This letter studies a distribution-free, finite-sample data perturbation (DP) method, the Residual-Permuted Sums (RPS), which is an alternative of the Sign-Perturbed Sums (SPS) algorithm, to construct confidence regions. While SPS assumes independent (but potentially time-varying) noise terms which are symmetric about zero, RPS gets rid of the symmetricity assumption, but assumes i.i.d. noises. The main idea is that RPS permutes the residuals instead of perturbing their signs. This letter introduces RPS in a flexible way, which allows various design-choices. RPS has exact finite sample coverage probabilities and we provide the first proof that these permutation-based confidence regions are uniformly strongly consistent under general assumptions. This means that the RPS regions almost surely shrink around the true parameters as the sample size increases. The ellipsoidal outer-approximation (EOA) of SPS is also extended to RPS, and the effectiveness of RPS is validated by numerical experiments, as well.
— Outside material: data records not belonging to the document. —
ghost use Rattle.std.specs.Prelude.{◌≡◌, ◌≢◌, ◌⊎◌, ◌+◌, ◌≤◌, ◌<◌, ◌++◌, ◌∷◌, [], IfOk, IsTrue, OnOk, OnErr, List, true, if◌then◌else◌, length, vec_len, vec_capacity};
ghost use Rattle.std.specs.List.{sum_by};
ghost use Rattle.nbd_wire.specs.declared.message.Run.{Run};
ghost use Rattle.nbd_wire.specs.Answer.{data_status};
ghost use Rattle.nbd_wire.specs.Head.{simple_reply};
ghost use Rattle.nbd_wire.specs.Chunk.{block_status, chunk_bytes, chunks_bytes, offset_data, offset_hole};
ghost use Rattle.nbd_wire.specs.Reply.{IsAnswerTo, chunks_of, part_chunks, reply_text, simple_text};
ghost use Rattle.nbd_wire.specs.inner.Reply.{part_len, whole_text};

use crate::chunk::{
    DATA_HEAD_LEN, ERROR_LEN, HOLE_LEN, RUN_LEN, STATUS_HEAD_LEN, put, put_data, put_data_head,
    put_error, put_hole, put_states,
};
use crate::command::{BLOCK_STATUS, READ};
use crate::head::encode_simple;
use crate::message::{Answer, DATA, ReadBytes, Reply, Run, SessionFlags, States};
use std::alloc::AllocError;

// The length of a simple reply, before the bytes of a READ.
const SIMPLE_LEN: usize = 16;

// This many data are worth a write of their own, which spares a copy of them.
const LEAST_APART: usize = 65_536;

/// Appends the reply to a request of this type, which asked for its bytes in one chunk where `df`: in chunks to
/// a READ and a BLOCK_STATUS where structured replies were agreed on, and else as a simple reply. Refusal 0 (no memory) appends
/// nothing.
pub fn encode_reply(
    reply: &Reply,
    session: &SessionFlags,
    kind: u16,
    df: bool,
    out: &mut Vec<u8>,
) -> Result<(), AllocError>
    requires { IsAnswerTo session.now kind reply.now.answer }
    ensures ok { OnOk result (out.new.items ≡ out.old.items ++ reply_text session.now kind df reply.now) }

    // It fails only where there is no room for the reply.
    ensures err { OnErr result (out.new.items ≡ out.old.items) }
    ensures full { OnErr result (vec_capacity out.old
        < vec_len out.old + length (reply_text session.now kind df reply.now)) }
{
    if session.structured && (kind == READ || kind == BLOCK_STATUS) {
        encode_chunks(reply, df, out)
    } else {
        encode_plain(reply, out)
    }
}

/// Appends a reply up to the data that end it, and gives these, to be written from where they are. They are none where
/// they are few, or aren't all the bytes of a READ. Refusal 0 (no memory) appends nothing.
pub fn encode_before_data<'a>(
    reply: &'a Reply,
    session: &SessionFlags,
    kind: u16,
    df: bool,
    out: &mut Vec<u8>,
) -> Result<&'a [u8], AllocError>
    requires { IsAnswerTo session.now kind reply.now.answer }
    ensures ok { IfOk result (λ behind. out.new.items ++ behind.now ≡ out.old.items ++ reply_text session.now kind df reply.now) }

    // It fails only where there is no room for the reply.
    ensures err { OnErr result (out.new.items ≡ out.old.items) }
    ensures full { OnErr result (vec_capacity out.old
        < vec_len out.old + length (reply_text session.now kind df reply.now)) }
{
    if let Answer::Bytes(read) = &reply.answer {
        let chunked = session.structured && kind == READ;
        if is_long_whole(read, df || !chunked) {
            encode_head(reply.cookie, read, chunked, out)?;
            return Ok(read.bytes());
        }
    }
    encode_reply(reply, session, kind, df, out)?;
    Ok(&[])
}

// Whether these are many data in one piece: as a whole, or in one run.
fn is_long_whole(read: &ReadBytes, whole: bool) -> bool
    ensures { IsTrue result → IsTrue whole ⊎ (part_chunks read.now.offset read.now.runs read.now.bytes ≡ offset_data read.now.offset read.now.bytes ∷ []) }
{
    read.bytes().len() >= LEAST_APART && (whole || is_one_run(read.runs()))
}

// Whether all is one run of data.
fn is_one_run(runs: &[Run]) -> bool
    ensures { IsTrue result → (run : Run) × (run.status ≡ data_status) × (runs.now ≡ run ∷ []) }
{
    match runs {
        [run] => run.status == DATA,
        _ => false,
    }
}

// Appends what stands before the data of a READ, in one chunk or in a simple reply.
fn encode_head(
    cookie: u64,
    read: &ReadBytes,
    chunked: bool,
    out: &mut Vec<u8>,
) -> Result<(), AllocError>
    ensures ok { OnOk result (out.new.items ++ read.now.bytes ≡ out.old.items ++ whole_text cookie chunked read.now) }
    ensures err { OnErr result (out.new.items ≡ out.old.items) }
    ensures full { OnErr result (vec_capacity out.old < vec_len out.old + length (whole_text cookie chunked read.now)) }
{
    if chunked {
        out.reserve(DATA_HEAD_LEN)?;
        put_data_head(out, true, cookie, read.offset(), read.bytes().len());
    } else {
        out.reserve(SIMPLE_LEN)?;
        put(out, &encode_simple(0, cookie));
    }
    Ok(())
}

/// Appends the reply in chunks: an error, the bytes of a READ, with DF in one chunk, or the states of a
/// BLOCK_STATUS. Refusal 0 (no memory) appends nothing.
pub fn encode_chunks(reply: &Reply, df: bool, out: &mut Vec<u8>) -> Result<(), AllocError>
    requires { reply.now.answer ≢ Answer.Done }
    ensures ok { OnOk result (out.new.items ≡ out.old.items ++ chunks_bytes reply.now.cookie (chunks_of df reply.now.answer)) }

    // It fails only where there is no room for the reply.
    ensures err { OnErr result (out.new.items ≡ out.old.items) }
    ensures full { OnErr result (vec_capacity out.old
        < vec_len out.old + length (chunks_bytes reply.now.cookie (chunks_of df reply.now.answer))) }
{
    match &reply.answer {
        Answer::Done => unreachable!(),
        Answer::Refused(errno) => {
            out.reserve(ERROR_LEN)?;
            put_error(out, reply.cookie, *errno);
            Ok(())
        }
        Answer::Bytes(read) if df => append_whole(out, reply.cookie, read),
        Answer::Bytes(read) => append_parts(out, reply.cookie, read),
        Answer::States(states) => append_states(out, reply.cookie, states),
    }
}

// All of the bytes in one chunk.
fn append_whole(out: &mut Vec<u8>, cookie: u64, read: &ReadBytes) -> Result<(), AllocError>
    ensures ok { OnOk result (out.new.items ≡ out.old.items ++ chunk_bytes true cookie (offset_data read.now.offset read.now.bytes)) }
    ensures err { OnErr result (out.new.items ≡ out.old.items) }
    ensures full { OnErr result (vec_capacity out.old
        < vec_len out.old + length (chunk_bytes true cookie (offset_data read.now.offset read.now.bytes))) }
{
    let bytes = read.bytes();
    out.reserve(DATA_HEAD_LEN + bytes.len())?;
    put_data(out, true, cookie, read.offset(), bytes);
    Ok(())
}

// A chunk for each run of the bytes.
fn append_parts(out: &mut Vec<u8>, cookie: u64, read: &ReadBytes) -> Result<(), AllocError>
    ensures ok { OnOk result (out.new.items ≡ out.old.items ++ chunks_bytes cookie (part_chunks read.now.offset read.now.runs read.now.bytes)) }
    ensures err { OnErr result (out.new.items ≡ out.old.items) }
    ensures full { OnErr result (vec_capacity out.old
        < vec_len out.old + length (chunks_bytes cookie (part_chunks read.now.offset read.now.runs read.now.bytes))) }
{
    out.reserve(parts_len(read.runs()))?;
    put_parts(out, cookie, read);
    Ok(())
}

// How many bytes the chunks on these runs take.
fn parts_len(runs: &[Run]) -> usize
    requires { length runs.now ≤ 1024 }
    ensures { result ≡ sum_by part_len runs.now }
{
    let mut total = 0;
    for run in runs {
        total += if run.status == DATA {
            DATA_HEAD_LEN + run.length as usize
        } else {
            HOLE_LEN
        };
    }
    total
}

// Appends a chunk for each run of the bytes, for which there is room.
fn put_parts(out: &mut Vec<u8>, cookie: u64, read: &ReadBytes)
    requires { vec_len out.old + sum_by part_len read.now.runs ≤ vec_capacity out.old }
    ensures { out.new.items ≡ out.old.items ++ chunks_bytes cookie (part_chunks read.now.offset read.now.runs read.now.bytes) }
{
    let mut runs = read.runs();
    let mut bytes = read.bytes();
    let mut offset = read.offset();
    while let Some((run, others)) = runs.split_first() {
        let (part, behind) = bytes.split_at(run.length as usize);
        put_part(
            out,
            others.is_empty(),
            cookie,
            offset,
            run.status == DATA,
            part,
        );
        offset += u64::from(run.length);
        bytes = behind;
        runs = others;
    }
}

// Appends the chunk on one part of the bytes.
fn put_part(out: &mut Vec<u8>, done: bool, cookie: u64, offset: u64, is_data: bool, part: &[u8])
    requires room { vec_len out.old + (if is_data then DATA_HEAD_LEN + length part.now else HOLE_LEN) ≤ vec_capacity out.old }
    requires fits { length part.now ≤ 1048576 }
    ensures items { out.new.items ≡ out.old.items
        ++ chunk_bytes done cookie (if is_data then offset_data offset part.now else offset_hole offset (length part.now)) }
    ensures len { vec_len out.new ≡ vec_len out.old + (if is_data then DATA_HEAD_LEN + length part.now else HOLE_LEN) }
    ensures room { vec_capacity out.old ≤ vec_capacity out.new }
{
    if is_data {
        put_data(out, done, cookie, offset, part);
    } else {
        put_hole(out, done, cookie, offset, part.len() as u32);
    }
}

// The states in one chunk.
fn append_states(out: &mut Vec<u8>, cookie: u64, states: &States) -> Result<(), AllocError>
    ensures ok { OnOk result (out.new.items ≡ out.old.items ++ chunk_bytes true cookie (block_status states.now)) }
    ensures err { OnErr result (out.new.items ≡ out.old.items) }
    ensures full { OnErr result (vec_capacity out.old
        < vec_len out.old + length (chunk_bytes true cookie (block_status states.now))) }
{
    let runs = states.runs();
    out.reserve(STATUS_HEAD_LEN + RUN_LEN * runs.len())?;
    put_states(out, cookie, runs);
    Ok(())
}

// Appends a simple reply.
fn encode_plain(reply: &Reply, out: &mut Vec<u8>) -> Result<(), AllocError>
    requires { (runs : List Run) → reply.now.answer ≢ Answer.States runs }
    ensures ok { OnOk result (out.new.items ≡ out.old.items ++ simple_text reply.now.cookie reply.now.answer) }
    ensures err { OnErr result (out.new.items ≡ out.old.items) }
    ensures full { OnErr result (vec_capacity out.old
        < vec_len out.old + length (simple_text reply.now.cookie reply.now.answer)) }
{
    match &reply.answer {
        Answer::Done => encode_simple_reply(0, reply.cookie, &[], out),
        Answer::Refused(errno) => encode_simple_reply(errno.number(), reply.cookie, &[], out),
        Answer::Bytes(read) => encode_simple_reply(0, reply.cookie, read.bytes(), out),
        Answer::States(_) => unreachable!(),
    }
}

/// Appends the simple reply with this error, 0 for none, and the bytes of a READ that succeeded. Refusal 0 (no memory) appends
/// nothing.
pub fn encode_simple_reply(
    error: u32,
    cookie: u64,
    bytes: &[u8],
    out: &mut Vec<u8>,
) -> Result<(), AllocError>
    ensures ok { OnOk result (out.new.items ≡ out.old.items ++ simple_reply error cookie bytes.now) }

    // It fails only where there is no room for the reply.
    ensures err { OnErr result (out.new.items ≡ out.old.items) }
    ensures full { OnErr result (vec_capacity out.old < vec_len out.old + length (simple_reply error cookie bytes.now)) }
{
    out.reserve(SIMPLE_LEN + bytes.len())?;
    put(out, &encode_simple(error, cookie));
    put(out, bytes);
    Ok(())
}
翻译：本文研究一种无分布、有限样本的数据扰动方法——残差置换和算法，作为符号扰动和算法的替代方案，用于构建置信域。符号扰动和算法要求噪声项独立（但可随时间变化）且关于零对称，而残差置换和算法则放宽了对称性假设，仅要求噪声独立同分布。其核心思想在于对残差进行置换操作而非扰动其符号。本文以灵活的方式引入残差置换和算法，允许多种设计选择。该方法具有精确的有限样本覆盖概率，我们首次证明了在一般性假设下，此类基于置换的置信域具有一致强相合性，即当样本量增加时，残差置换和置信域几乎必然收缩至真实参数值附近。同时，我们将符号扰动和算法的椭球外逼近方法推广至残差置换和算法，并通过数值实验验证了该方法的有效性。